## WORK TASK
For the data below, report only the number of lines containing the string "want".

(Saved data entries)
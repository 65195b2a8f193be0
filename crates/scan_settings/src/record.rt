// The settings record, written.
ghost use Rattle.std.specs.Prelude.{◌≡◌, ◌<◌, ◌^◌, ◌++◌, IfOk, OnOk, length};
ghost use Rattle.std.specs.List.{All};
ghost use Rattle.scan_settings.specs.Lawful.{AreSettings, IsText, IsPlan};
ghost use Rattle.scan_settings.specs.Record.{text_bytes, texts_bytes, numbers_of, record_of, kept_by, kept_of};

use crate::settings::{Plan, Settings};
use byte_kit::{Bytes, Name, NoMemory, put_le16, put_le32, put_le64};
use std::alloc::Global;

/// What a settings record keeps.
#[derive(Drop)]
pub struct Kept {
    /// How many bytes the image has.
    pub image: u64,
    /// How many bytes a page has.
    pub page: u64,
    /// How many bytes the stop list has, or 0 where there is none.
    pub stop: u64,
    /// How many bytes the alert list has, or 0 where there is none.
    pub alert: u64,
    /// What the scan looks for.
    pub plan: Plan,
}

/// The record of these settings and of the sizes of an image, a stop list and an alert list. Its one refusal is
/// want of memory.
pub fn settings_bytes(
    alloc: Global,
    settings: &Settings,
    image: u64,
    stop: u64,
    alert: u64,
) -> Result<Bytes, NoMemory>
    requires { AreSettings settings.now }
    ensures { IfOk result (λ bytes. bytes ≡ record_of (kept_of settings.now image stop alert)) }
{
    let record = record_bytes(alloc, image, settings.page, stop, alert, &settings.plan)?;
    Ok(Bytes::from(record))
}

/// The record of these sizes, of an image, a page and both lists, and of what a scan looks for. Its one refusal is
/// want of memory.
#[tactic(auto, unfolding(crate::specs::Record::record_of))]
pub fn record_bytes(
    alloc: Global,
    image: u64,
    page: u64,
    stop: u64,
    alert: u64,
    plan: &Plan,
) -> Result<Vec<u8>, NoMemory>
    requires { IsPlan plan.now }
    ensures { IfOk result (λ bytes. bytes.items ≡ record_of (kept_by image page stop alert plan.now)) }
{
    let mut body = numbers_bytes(alloc, image, page, stop, alert, plan)?;
    push_texts(plan.keywords.items(), &mut body)?;
    push_names(plan.patterns.items(), &mut body)?;
    let mut record = Vec::new(alloc);
    push(put_le32(body.len() as u32).as_slice(), &mut record)?;
    push(body.as_slice(), &mut record)?;
    Ok(record)
}

// Appends bytes. Its one refusal is want of memory.
fn push(bytes: &[u8], into: &mut Vec<u8>) -> Result<(), NoMemory>
    ensures { OnOk result (into.new.items ≡ into.old.items ++ bytes.now) }
{
    into.extend_from_slice(bytes)?;
    Ok(())
}

// The version and the numbers of a record. Its one refusal is want of memory.
#[tactic(auto, unfolding(crate::specs::Record::numbers_of))]
fn numbers_bytes(
    alloc: Global,
    image: u64,
    page: u64,
    stop: u64,
    alert: u64,
    plan: &Plan,
) -> Result<Vec<u8>, NoMemory>
    ensures { IfOk result (λ bytes. bytes.items ≡ numbers_of (kept_by image page stop alert plan.now)) }
{
    let mut bytes = Vec::new(alloc);
    push([1].as_slice(), &mut bytes)?;
    push(put_le64(image).as_slice(), &mut bytes)?;
    push(put_le64(page).as_slice(), &mut bytes)?;
    push(put_le16(plan.scanners).as_slice(), &mut bytes)?;
    push([plan.depth, plan.mask].as_slice(), &mut bytes)?;
    push(put_le16(plan.word_min).as_slice(), &mut bytes)?;
    push(put_le16(plan.word_max).as_slice(), &mut bytes)?;
    push(put_le16(plan.context).as_slice(), &mut bytes)?;
    push(put_le64(stop).as_slice(), &mut bytes)?;
    push(put_le64(alert).as_slice(), &mut bytes)?;
    Ok(bytes)
}

// Appends a text, behind its length. Its one refusal is want of memory.
fn push_text(text: &[u8], into: &mut Vec<u8>) -> Result<(), NoMemory>
    requires { length text.now < 2 ^ 16 }
    ensures { OnOk result (into.new.items ≡ into.old.items ++ text_bytes text.now) }
{
    push(put_le16(text.len() as u16).as_slice(), into)?;
    push(text, into)
}

// Appends texts, behind their number. Its one refusal is want of memory.
fn push_texts(texts: &[Bytes], into: &mut Vec<u8>) -> Result<(), NoMemory>
    requires few { length texts.now < 2 ^ 16 }
    requires texts { All IsText texts.now }
    ensures { OnOk result (into.new.items ≡ into.old.items ++ texts_bytes texts.now) }
{
    push(put_le16(texts.len() as u16).as_slice(), into)?;
    for text in texts {
        push_text(text.as_slice(), into)?;
    }
    Ok(())
}

// Appends names, behind their number. Its one refusal is want of memory.
fn push_names(names: &[Name], into: &mut Vec<u8>) -> Result<(), NoMemory>
    requires few { length names.now < 2 ^ 16 }
    requires texts { All IsText names.now }
    ensures { OnOk result (into.new.items ≡ into.old.items ++ texts_bytes names.now) }
{
    push(put_le16(names.len() as u16).as_slice(), into)?;
    for name in names {
        push_text(name.as_str().as_bytes(), into)?;
    }
    Ok(())
}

## TASK SOLUTION
7